Yes, there will be significantly less revenue than in their golden age. Yes, newsrooms will be smaller. But assuming the advertising industry settles down in the next few years, newspapers will remain at the top of the news value chain, thanks to the interplay of their digital and newsprint editions.

(It doesn’t help that The Economist, which likes to describe itself as a newspaper, periodically announces the death of newspapers. They did it in 2006. They were at it against last week, quoting a wide array of journalism school professors. Has no one on The Economist’s editorial side noticed that their newspaper has doubled its print circulation in the last ten years, to 1.47 million copies a week?)

An important wrinkle in the Times’ cross-platform pricing strategy has been noted by Joshua Benton, of the Nieman Foundation Journalism Lab. The new rate card offers a discount to subscribers to the digital version who consent to receive a paper copy of the Sunday Times as well — $390 a year with the Sunday paper, vs. $420 for digital access without it.

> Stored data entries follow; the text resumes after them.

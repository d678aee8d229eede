//! `query` and `explain`: what a database gives devices, as text or as JSON.
ghost use Rattle.std.specs.Prelude.{[], ◌∷◌, ◌≡◌, List, IfOk, IfErr, OnOk, map, string_bytes};
ghost use Rattle.hwdb_spec.specs.Flushing.{HandsOn};
ghost use Rattle.hwdb_spec_commands.specs.Databases.{IsTextOf};
ghost use Rattle.hwdb_spec.specs.Folders.{Source};
ghost use Rattle.hwdb_spec.specs.Outputs.{CutShortOne, Took, TookOne};
ghost use Rattle.hwdb_spec.specs.Texts.{last_values_text, query_text};
ghost use Rattle.hwdb_spec.specs.Written.{IsCompiled};
ghost use Rattle.hwdb_answers.specs.Lookups.{IfWrite};
ghost use Rattle.hwdb_spec_commands.specs.Streams.{last_texts_of, texts_of};
ghost use Rattle.hwdb_spec_commands.specs.DatabaseErrors.{IsDatabaseRefusal, IsQueryRefusal};

use crate::device_texts::{text_of_device, texts_of_devices};
use hwdb_io::{Sink, write_text};
use hwdb_query::compiled_answers_are_last;
use hwdb_reader::check;
use hwdb_spec::ToolError;
use hwdb_spec_commands::Form;
use std::alloc::Global;

/// Checks the bytes, and answers what is printed of the devices. With `Form::Query` these are the properties of each,
/// ascending by key. With `Form::Explain` each property is followed by the place that it comes from, and by the assignments
/// that it overrides, the last first. As text an empty line is between two devices. Over the database of some files all of
/// this is said by the last assignments that the files have.
pub fn answers(
    alloc: Global,
    bytes: &[u8],
    devices: &[String],
    form: Form,
) -> Result<Vec<u8>, ToolError>
    ensures text { IfOk result (λ text.
        IsTextOf (texts_of form (map string_bytes devices.now)) bytes.now text.items) }
    ensures headline { IfOk result
        (λ text. (etc usr : List Source) → IsCompiled etc usr bytes.now
        → text.items ≡ last_texts_of form (map string_bytes devices.now) etc usr) }
    ensures refusals { IfErr result (IsDatabaseRefusal bytes.now) }
{
    compiled_answers_are_last();
    let db = check(bytes)?;
    Ok(texts_of_devices(alloc, &db, devices, form)?)
}

/// The same of one device.
pub fn answer(alloc: Global, bytes: &[u8], device: &[u8], form: Form) -> Result<Vec<u8>, ToolError>
    ensures text { IfOk result
        (λ text. IsTextOf (texts_of form (device.now ∷ [])) bytes.now text.items) }
    ensures headline { IfOk result
        (λ text. (etc usr : List Source) → IsCompiled etc usr bytes.now
        → text.items ≡ last_texts_of form (device.now ∷ []) etc usr) }
    ensures refusals { IfErr result (IsDatabaseRefusal bytes.now) }
{
    compiled_answers_are_last();
    let db = check(bytes)?;
    Ok(text_of_device(alloc, &db, device, form, true)?)
}

/// The text of the properties that a database gives the device.
pub(crate) fn properties_of(
    alloc: Global,
    bytes: &[u8],
    device: &[u8],
) -> Result<Vec<u8>, ToolError>
    ensures text { IfOk result (λ text. IsTextOf (query_text device.now) bytes.now text.items) }
    ensures headline { IfOk result
        (λ text. (etc usr : List Source) → IsCompiled etc usr bytes.now
        → text.items ≡ last_values_text device.now etc usr) }
    ensures refusals { IfErr result (IsDatabaseRefusal bytes.now) }
{
    answer(alloc, bytes, device, Form::Query { json: false })
}

/// Checks the bytes, and prints the properties of the device to `out`: `KEY=VALUE` for each key, ascending by key. Over the
/// database of some files that is for each key the value of the last assignment of a pattern that matches the device.
pub fn run_query<O: Sink>(
    alloc: Global,
    bytes: &[u8],
    device: &[u8],
    out: &mut O,
) -> Result<(), ToolError>
    ensures printed { OnOk result (TookOne (IsTextOf (query_text device.now) bytes.now)
        (O.taken out.old) (O.taken out.new) (O.failures out.old) (O.failures out.new)) }
    ensures headline { OnOk result ((etc usr : List Source) → IsCompiled etc usr bytes.now
        → Took (last_values_text device.now etc usr)
        (O.taken out.old) (O.taken out.new) (O.failures out.old) (O.failures out.new)) }

    ensures refusals { IfErr result (IsQueryRefusal bytes.now) }
    ensures cut_short { IfErr result (IfWrite
        (CutShortOne (IsTextOf (query_text device.now) bytes.now)
        (O.taken out.old) (O.taken out.new) (O.failures out.old) (O.failures out.new))
        (out.new ≡ out.old)) }
    ensures hands_on { HandsOn (O.is_flushed out.old) (O.is_flushed out.new)
        (O.failures out.old) (O.failures out.new) }
{
    let text = properties_of(alloc, bytes, device)?;
    write_text(out, &text)?;
    Ok(())
}
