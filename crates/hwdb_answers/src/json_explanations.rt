//! The lines of JSON that explain a device's properties.
ghost use Rattle.std.specs.Prelude.{◌≡◌, ◌++◌, map, IfOk, OnOk};
ghost use Rattle.json.specs.Tree.{json_tokens};
ghost use Rattle.hwdb_query.specs.Views.{assignment_of_answer, explained_values};
ghost use Rattle.hwdb_spec_commands.specs.Json.{answer_members, array_of, explained_key_json, explanation_json, explanations_json, overridden_json};
ghost use Rattle.hwdb_show.specs.JsonTokens.{tokens_of_members};

use hwdb_query::{Explained, StoredAssignment};
use hwdb_show::{ended, put_member, put_number};
use json::Writer;
use std::alloc::{AllocError, Global};

/// Adds the members of an answer: its value, and where it comes from.
fn put_answer(json: &mut Writer, answer: &StoredAssignment<'_>) -> Result<(), AllocError>
    ensures before { json.new.before ≡ json.old.before }
    ensures tokens { OnOk result (json.new.tokens ≡ json.old.tokens
        ++ tokens_of_members (answer_members (assignment_of_answer answer.now))) }
{
    put_member(json, "value", answer.value)?;
    put_member(json, "path", answer.path)?;
    put_number(json, "line", answer.line)?;
    put_member(json, "pattern", &answer.pattern)
}

/// Adds an answer that is overridden.
fn put_overridden(json: &mut Writer, answer: &StoredAssignment<'_>) -> Result<(), AllocError>
    ensures before { json.new.before ≡ json.old.before }
    ensures tokens { OnOk result (json.new.tokens
        ≡ json.old.tokens ++ json_tokens (overridden_json (assignment_of_answer answer.now))) }
{
    json.begin_object()?;
    put_answer(json, answer)?;
    json.end_object()
}

/// Adds the array of the answers that are overridden.
fn put_all_overridden(json: &mut Writer, answers: &[StoredAssignment<'_>]) -> Result<(), AllocError>
    ensures before { json.new.before ≡ json.old.before }
    ensures tokens { OnOk result (json.new.tokens ≡ json.old.tokens ++ json_tokens
        (array_of (map overridden_json (map assignment_of_answer answers.now)))) }
{
    json.begin_array()?;
    for answer in answers {
        put_overridden(json, answer)?;
    }
    json.end_array()
}

/// Adds the object of a key: its value, where that comes from, and the answers that it overrides.
fn put_explanation(
    json: &mut Writer,
    device: &[u8],
    key: &[u8],
    last: &StoredAssignment<'_>,
    overridden: &[StoredAssignment<'_>],
) -> Result<(), AllocError>
    ensures before { json.new.before ≡ json.old.before }
    ensures tokens { OnOk result (json.new.tokens ≡ json.old.tokens ++ json_tokens
        (explained_key_json device.now key.now (assignment_of_answer last.now)
        (map assignment_of_answer overridden.now))) }
{
    json.begin_object()?;
    put_member(json, "device", device)?;
    put_member(json, "key", key)?;
    put_answer(json, last)?;
    json.key("overrides")?;
    put_all_overridden(json, overridden)?;
    json.end_object()
}

/// Adds the line of a key.
fn push_explanation(
    alloc: Global,
    text: &mut Vec<u8>,
    device: &[u8],
    explained: &Explained<'_>,
) -> Result<(), AllocError>
    ensures { OnOk result (text.new.items ≡ text.old.items
        ++ explanation_json device.now explained.now.key.now
        (map assignment_of_answer explained.now.answers.items)) }
{
    let Some((last, overridden)) = explained.answers.split_first() else {
        return Ok(());
    };
    let mut json = Writer::new(Vec::new(alloc));
    put_explanation(&mut json, device, explained.key, last, overridden)?;
    let line = ended(alloc, json)?;
    text.extend_from_slice(&line)
}

/// A line for each key.
///
/// The only error is want of memory.
pub fn explanation_lines_json(
    alloc: Global,
    device: &[u8],
    explanations: &[Explained<'_>],
) -> Result<Vec<u8>, AllocError>
    ensures { IfOk result (λ text. text.items
        ≡ explanations_json device.now (explained_values explanations.now)) }
{
    let mut text = Vec::new(alloc);
    for explained in explanations {
        push_explanation(alloc, &mut text, device, explained)?;
    }
    Ok(text)
}
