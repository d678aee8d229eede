//! The lines of a source, one after another.
ghost use Rattle.std.specs.Prelude.{[], ◌≡◌, ◌≢◌, ◌<◌, ◌≤◌, ◌+◌, true, false, IfOk, IfErr, IfSome, IfNone, OnOk, IsErrOf, vec_len};
ghost use Rattle.std.specs.Io.KnownBytes.{IsAtEnd};
ghost use Rattle.std.specs.List.{position_or_len};
ghost use Rattle.hwdb_spec.specs.Failures.{CountsFailures};
ghost use Rattle.hwdb_spec.specs.Lines.{byte, is};
ghost use Rattle.hwdb_spec.specs.Outputs.{FailedOnly};
ghost use Rattle.hwdb_answers.specs.Streams.{IsFirstLine, held, to_come};
ghost use Rattle.hwdb_answers.specs.Internal.{IsTaken, IsRefilled};

use crate::chunk::LineReader;
use hwdb_io::{CHUNK, DeviceFailed, ReadError, Source};
use hwdb_text::end_of;
use std::alloc::Global;

impl LineReader {
    /// Nothing was read.
    pub fn new() -> LineReader
        ensures { held result ≡ [] }
    {
        LineReader {
            chunk: [0; CHUNK],
            at: 0,
            end: 0,
        }
    }

    /// Reads on, if all was handed on, and answers whether there was more.
    ///
    /// The only error is that the source fails.
    fn refill<I: Source>(&mut self, source: &mut I) -> Result<bool, DeviceFailed>
        requires handed { held self.old ≡ [] }
        ensures read { IfOk result
            (IsRefilled (I.left source.old) (held self.new) (I.left source.new)) }
        ensures failures { CountsFailures (I.failures source.old) (I.failures source.new) result }
    {
        self.at = 0;
        self.end = 0;
        let n = source.read(&mut self.chunk)?;
        self.end = n;
        Ok(n > 0)
    }

    /// Hands on what is held up to a newline, or all, after a line's beginning, and answers whether that was the whole
    /// line.
    ///
    /// Errors are a line of more bytes than `max_bytes`, and want of memory.
    fn take_line(&mut self, line: &mut Vec<u8>, max_bytes: u32) -> Result<bool, ReadError>
        requires begun { vec_len line.old ≤ max_bytes }
        ensures taken { IfOk result
            (IsTaken line.old.items (held self.old) line.new.items (held self.new)) }
        ensures fits { OnOk result (vec_len line.new ≤ max_bytes) }
        ensures unfailed { IfErr result (λ e. e ≢ ReadError.Failed) }
        ensures too_long { IsErrOf result ReadError.TooLong
            → max_bytes < vec_len line.old + position_or_len (is (byte "\n")) (held self.old) }
    {
        let all = &self.chunk[..];
        let part = &all[self.at..self.end];
        let end = end_of(b'\n', part);
        if end > max_bytes as usize - line.len() {
            return Err(ReadError::TooLong);
        }
        line.extend_from_slice(&part[..end])?;
        if end < part.len() {
            self.at = self.at + end + 1;
            return Ok(true);
        }
        self.at = self.end;
        Ok(false)
    }

    /// The next line, without its newline, if there is one; the last may have none. It reads on only if no whole line
    /// is held. Each byte is searched once and copied once.
    ///
    /// Errors are a source that fails, a line of more bytes than `max_bytes` (so that it returns also on a source that
    /// never ends), and memory.
    pub fn next_line<I: Source>(
        &mut self,
        alloc: Global,
        source: &mut I,
        max_bytes: u32,
    ) -> Result<Option<Vec<u8>>, ReadError>
        ensures line { IfOk result (λ found. IfSome found (λ line. IsFirstLine line.items
            (to_come self.old (I.left source.old)) (to_come self.new (I.left source.new)))) }
        ensures end { IfOk result (λ found. IfNone found
            (IsAtEnd (to_come self.old (I.left source.old)))) }
        ensures fits { IfOk result (λ found. IfSome found (λ line. vec_len line ≤ max_bytes)) }

        ensures too_long { IsErrOf result ReadError.TooLong
            → IfSome (to_come self.old (I.left source.old))
            (λ bytes. max_bytes < position_or_len (is (byte "\n")) bytes) }
        ensures failures { FailedOnly ReadError.Failed result
            (I.failures source.old) (I.failures source.new) }
    {
        let mut line = Vec::new(alloc);
        'reading: while line.len() <= max_bytes as usize {
            if self.take_line(&mut line, max_bytes)? {
                return Ok(Some(line));
            }
            if !self.refill(source)? {
                if line.is_empty() {
                    return Ok(None);
                }
                return Ok(Some(line));
            }
        }
        Err(ReadError::TooLong)
    }
}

The ploy is designed to keep Sunday circulation as high as possible (the Sunday paper is famously profitable). But the differential between seven-day home delivery and digital access — $770 vs. $390 a year – will surely tip ever more people towards the online edition. Within a decade or two, the Times could conceivably have become a bulky weekly attached to a fancy webpage. It will have squandered much of its enormous influence if it does.

Is there an alternative? Yes, at least in principle. The Times could capitulate to the spirit of the age: cut back on staffing, slim down the paper, bring the price of a subscription back in line with industry standards, and concentrate on boosting circulation. Would the Times be a very different paper if they cut everything in half? It would depend, of course, on which half they cut. It’s possible to imagine a very appealing two section paper, appearing five days a week, plus the Sunday package.

What do we know about this debate within the councils of the NYTimes Co.? Next to nothing, I am afraid. Dow Jones has been especially perspicacious on the Times historically, but today Rupert Murdoch’s antipathy is well known. Most other news organizations (Bloomberg, Pearson, Conde Nast, Time Inc.) have been chary. And appearances to the contrary, the Times doesn’t – can’t – cover itself.

Executive Editor Bill Keller, 62, is stepping down from the top job in the newsroom in August, somewhat sooner than expected. (He’ll remain a writer for the paper.) Keller has publicly differed with Times chief executive Arthur O. Sulzberger Jr. on the significance of the newsprint edition more than once these last few years. Are there significant factions within the paper? In the ranks of its strategic consultants? Among the high-minded and long-suffering cousins who control the company, through their ownership trust? There will be answers to these questions in the future, but for the present, loyalty outweighs both exit and voice.

For now, customers like me are faced with a trilemma. Do I continue to pay twice as much, for a newspaper that, generally speaking, I don’t have time to read, feeling slightly euchered all the while? Do I surrender to its tilt to digital consumption, presumably hastening the demise of the weekday print edition that I prize? Or do I simply quit buying the paper altogether, in protest? It is a cruel choice. Bare-knuckles for them, white-knuckles for those who prefer newsprint.